Start of RECORDS PROVIDED

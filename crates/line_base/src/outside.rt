//! What gives bytes and what takes them.
ghost use Rattle.std.specs.Prelude.{◌≡◌, ◌<◌, length, IfOk};
ghost use Rattle.std.specs.Io.{ReadsAtMost, WritesAtMost};
ghost use Rattle.std.specs.Io.KnownBytes.{ReadConsumes, WriteAppends};
ghost use Rattle.line_base.specs.Counts.{HasCause, CountsEnds, MovesNothing};

use crate::socket_address::SocketAddress;

/// A call on the outside failed, and raised that object's count of faults.
#[derive(Clone, Copy, Debug, PartialEq, Eq)]
pub struct Failed;

/// What came of a wait for the next request of a connection.
#[derive(Clone, Copy, Debug, PartialEq, Eq)]
pub enum Next {
    /// So many bytes came, at least one.
    Bytes(usize),
    /// The peer's bytes have ended.
    End,
    /// The listeners are closing, and no byte of a next request has come.
    Closing,
    /// No byte of a next request has come for a short while.
    Quiet,
}

/// What gives bytes: a file, a standard stream, or bytes in memory.
pub trait Source {
    ghost use Rattle.line_base.specs.Streams.{Input};

    /// What it tells of itself: the bytes that it has yet to give, how often a call failed, and how
    /// many reads gave the end.
    ghost input: { Self → Input };

    /// Reads some bytes to the front of `into`, and gives their number. 0 is the end, where `into`
    /// has room.
    fn read(&mut self, into: &mut [u8]) -> Result<usize, Failed>
        ensures bound { ReadsAtMost result into.new }
        ensures bytes { ReadConsumes (input self.old).left (input self.new).left result into.new }
        ensures cause { HasCause (input self.old).faults (input self.new).faults result }
        ensures end { CountsEnds (input self.old).ends (input self.new).ends result
            (length into.new) }
        ensures nothing { MovesNothing (input self.old).faults (input self.new).faults result
            (length into.new) };
}

/// What takes bytes: a file, a standard stream, or a list in memory.
pub trait Sink {
    ghost use Rattle.line_base.specs.Streams.{Output};

    /// What it tells of itself: the bytes that it has taken, and how often a call failed.
    ghost output: { Self → Output };

    /// Takes some bytes off the front of `bytes`, and gives their number: at least one, where there
    /// is one.
    fn write(&mut self, bytes: &[u8]) -> Result<usize, Failed>
        ensures bound { WritesAtMost result bytes.now }
        ensures moves { IfOk result (λ n. 0 < length bytes.now → 0 < n) }
        ensures bytes { WriteAppends (output self.old).held (output self.new).held result
            bytes.now }
        ensures cause { HasCause (output self.old).faults (output self.new).faults result }
        ensures nothing { MovesNothing (output self.old).faults (output self.new).faults result
            (length bytes.now) };
}

/// The other end of a connection, which gives bytes and takes them. It has a count of faults for
/// each direction, one of how often it said that its listeners are closing, and one of how often it
/// said that nothing came for a while.
///
/// What serves requests waits for the next one by [`Peer::read_next`], and asks once a request,
/// by [`Peer::is_closing`], whether it is to be the last. So a shutdown ends connections where a
/// request ends, and loses none that was begun.
pub trait Peer {
    ghost use Rattle.line_base.specs.Lines.{Line, IsUnread, IsUnwritten, WaitsForNext};
    ghost use Rattle.line_base.specs.Lines.{told_closing};
    ghost use Rattle.std.specs.Prelude.{Option};
    ghost use Rattle.line_base.specs.declared.socket_address.SocketAddress.{SocketAddress};

    /// What it tells of itself: the bytes that it has yet to give, those that were given to it, how
    /// often a read and a write failed, how many reads gave the end, how often it said that its
    /// listeners are closing, and how often that nothing came for a while.
    ghost line: { Self → Line };

    /// Where its other end is, where it tells that. No clause says that a call keeps it: what needs
    /// the address later asks for it once, when the peer comes, and keeps the answer.
    ghost address: { Self → Option SocketAddress };

    /// Where its other end is, where it tells that. It waits for nothing.
    fn address(&self) -> Option<SocketAddress>
        ensures { result ≡ address self.now };

    /// Reads some bytes to the front of `into`, and gives their number. 0 is the end, where `into`
    /// has room.
    fn read(&mut self, into: &mut [u8]) -> Result<usize, Failed>
        ensures bound { ReadsAtMost result into.new }
        ensures bytes { ReadConsumes (line self.old).left (line self.new).left result into.new }
        ensures others { IsUnwritten (line self.old) (line self.new) }
        ensures cause { HasCause (line self.old).read_faults (line self.new).read_faults result }
        ensures end { CountsEnds (line self.old).ends (line self.new).ends result
            (length into.new) }
        ensures nothing { MovesNothing (line self.old).read_faults (line self.new).read_faults
            result (length into.new) };

    /// Waits for the next request of a connection, and reads its first bytes as [`Peer::read`]
    /// does; or it is told that the listeners are closing, or that nothing came for a while, where
    /// no byte of it has come. It is called between two requests, while no byte of the next one was
    /// read.
    ///
    /// A while is short where others wait for whoever calls this, and never longer than a
    /// connection may be idle: then it fails.
    fn read_next(&mut self, into: &mut [u8]) -> Result<Next, Failed>
        requires { 0 < length into.old }
        ensures { WaitsForNext (line self.old) (line self.new) into.new result };

    /// Whether the listeners are closing, so that the request whose head was read is the last of
    /// its connection. It waits for nothing.
    fn is_closing(&mut self) -> bool
        ensures { line self.new ≡ told_closing result (line self.old) };

    /// Takes some bytes off the front of `bytes`, and gives their number: at least one, where there
    /// is one.
    fn write(&mut self, bytes: &[u8]) -> Result<usize, Failed>
        ensures bound { WritesAtMost result bytes.now }
        ensures moves { IfOk result (λ n. 0 < length bytes.now → 0 < n) }
        ensures bytes { WriteAppends (line self.old).given (line self.new).given result bytes.now }
        ensures others { IsUnread (line self.old) (line self.new) }
        ensures cause { HasCause (line self.old).write_faults (line self.new).write_faults result }
        ensures nothing { MovesNothing (line self.old).write_faults (line self.new).write_faults
            result (length bytes.now) };
}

End of RECORDS PROVIDED

## WHAT YOU ARE ASKED TO DO
Write all the entries again precisely as they were given.

## EXERCISE OUTPUT
filename crates/line_base/src/outside.rt
//! What gives bytes and what takes them.
ghost use Rattle.std.specs.Prelude.{◌≡◌, ◌<◌, length, IfOk};
ghost use Rattle.std.specs.Io.{ReadsAtMost, WritesAtMost};
ghost use Rattle.std.specs.Io.KnownBytes.{ReadConsumes, WriteAppends};
ghost use Rattle.line_base.specs.Counts.{HasCause, CountsEnds, MovesNothing};

use crate::socket_address::SocketAddress;

/// A call on the outside failed, and raised that object's count of faults.
#[derive(Clone, Copy, Debug, PartialEq, Eq)]
pub struct Failed;

/// What came of a wait for the next request of a connection.
#[derive(Clone, Copy, Debug, PartialEq, Eq)]
pub enum Next {
    /// So many bytes came, at least one.
    Bytes(usize),
    /// The peer's bytes have ended.
    End,
    /// The listeners are closing, and no byte of a next request has come.
    Closing,
    /// No byte of a next request has come for a short while.
    Quiet,
}

/// What gives bytes: a file, a standard stream, or bytes in memory.
pub trait Source {
    ghost use Rattle.line_base.specs.Streams.{Input};

    /// What it tells of itself: the bytes that it has yet to give, how often a call failed, and how
    /// many reads gave the end.
    ghost input: { Self → Input };

    /// Reads some bytes to the front of `into`, and gives their number. 0 is the end, where `into`
    /// has room.
    fn read(&mut self, into: &mut [u8]) -> Result<usize, Failed>
        ensures bound { ReadsAtMost result into.new }
        ensures bytes { ReadConsumes (input self.old).left (input self.new).left result into.new }
        ensures cause { HasCause (input self.old).faults (input self.new).faults result }
        ensures end { CountsEnds (input self.old).ends (input self.new).ends result
            (length into.new) }
        ensures nothing { MovesNothing (input self.old).faults (input self.new).faults result
            (length into.new) };
}

/// What takes bytes: a file, a standard stream, or a list in memory.
pub trait Sink {
    ghost use Rattle.line_base.specs.Streams.{Output};

    /// What it tells of itself: the bytes that it has taken, and how often a call failed.
    ghost output: { Self → Output };

    /// Takes some bytes off the front of `bytes`, and gives their number: at least one, where there
    /// is one.
    fn write(&mut self, bytes: &[u8]) -> Result<usize, Failed>
        ensures bound { WritesAtMost result bytes.now }
        ensures moves { IfOk result (λ n. 0 < length bytes.now → 0 < n) }
        ensures bytes { WriteAppends (output self.old).held (output self.new).held result
            bytes.now }
        ensures cause { HasCause (output self.old).faults (output self.new).faults result }
        ensures nothing { MovesNothing (output self.old).faults (output self.new).faults result
            (length bytes.now) };
}

/// The other end of a connection, which gives bytes and takes them. It has a count of faults for
/// each direction, one of how often it said that its listeners are closing, and one of how often it
/// said that nothing came for a while.
///
/// What serves requests waits for the next one by [`Peer::read_next`], and asks once a request,
/// by [`Peer::is_closing`], whether it is to be the last. So a shutdown ends connections where a
/// request ends, and loses none that was begun.
pub trait Peer {
    ghost use Rattle.line_base.specs.Lines.{Line, IsUnread, IsUnwritten, WaitsForNext};
    ghost use Rattle.line_base.specs.Lines.{told_closing};
    ghost use Rattle.std.specs.Prelude.{Option};
    ghost use Rattle.line_base.specs.declared.socket_address.SocketAddress.{SocketAddress};

    /// What it tells of itself: the bytes that it has yet to give, those that were given to it, how
    /// often a read and a write failed, how many reads gave the end, how often it said that its
    /// listeners are closing, and how often that nothing came for a while.
    ghost line: { Self → Line };

    /// Where its other end is, where it tells that. No clause says that a call keeps it: what needs
    /// the address later asks for it once, when the peer comes, and keeps the answer.
    ghost address: { Self → Option SocketAddress };

    /// Where its other end is, where it tells that. It waits for nothing.
    fn address(&self) -> Option<SocketAddress>
        ensures { result ≡ address self.now };

    /// Reads some bytes to the front of `into`, and gives their number. 0 is the end, where `into`
    /// has room.
    fn read(&mut self, into: &mut [u8]) -> Result<usize, Failed>
        ensures bound { ReadsAtMost result into.new }
        ensures bytes { ReadConsumes (line self.old).left (line self.new).left result into.new }
        ensures others { IsUnwritten (line self.old) (line self.new) }
        ensures cause { HasCause (line self.old).read_faults (line self.new).read_faults result }
        ensures end { CountsEnds (line self.old).ends (line self.new).ends result
            (length into.new) }
        ensures nothing { MovesNothing (line self.old).read_faults (line self.new).read_faults
            result (length into.new) };

    /// Waits for the next request of a connection, and reads its first bytes as [`Peer::read`]
    /// does; or it is told that the listeners are closing, or that nothing came for a while, where
    /// no byte of it has come. It is called between two requests, while no byte of the next one was
    /// read.
    ///
    /// A while is short where others wait for whoever calls this, and never longer than a
    /// connection may be idle: then it fails.
    fn read_next(&mut self, into: &mut [u8]) -> Result<Next, Failed>
        requires { 0 < length into.old }
        ensures { WaitsForNext (line self.old) (line self.new) into.new result };

    /// Whether the listeners are closing, so that the request whose head was read is the last of
    /// its connection. It waits for nothing.
    fn is_closing(&mut self) -> bool
        ensures { line self.new ≡ told_closing result (line self.old) };

    /// Takes some bytes off the front of `bytes`, and gives their number: at least one, where there
    /// is one.
    fn write(&mut self, bytes: &[u8]) -> Result<usize, Failed>
        ensures bound { WritesAtMost result bytes.now }
        ensures moves { IfOk result (λ n. 0 < length bytes.now → 0 < n) }
        ensures bytes { WriteAppends (line self.old).given (line self.new).given result bytes.now }
        ensures others { IsUnread (line self.old) (line self.new) }
        ensures cause { HasCause (line self.old).write_faults (line self.new).write_faults result }
        ensures nothing { MovesNothing (line self.old).write_faults (line self.new).write_faults
            result (length bytes.now) };
}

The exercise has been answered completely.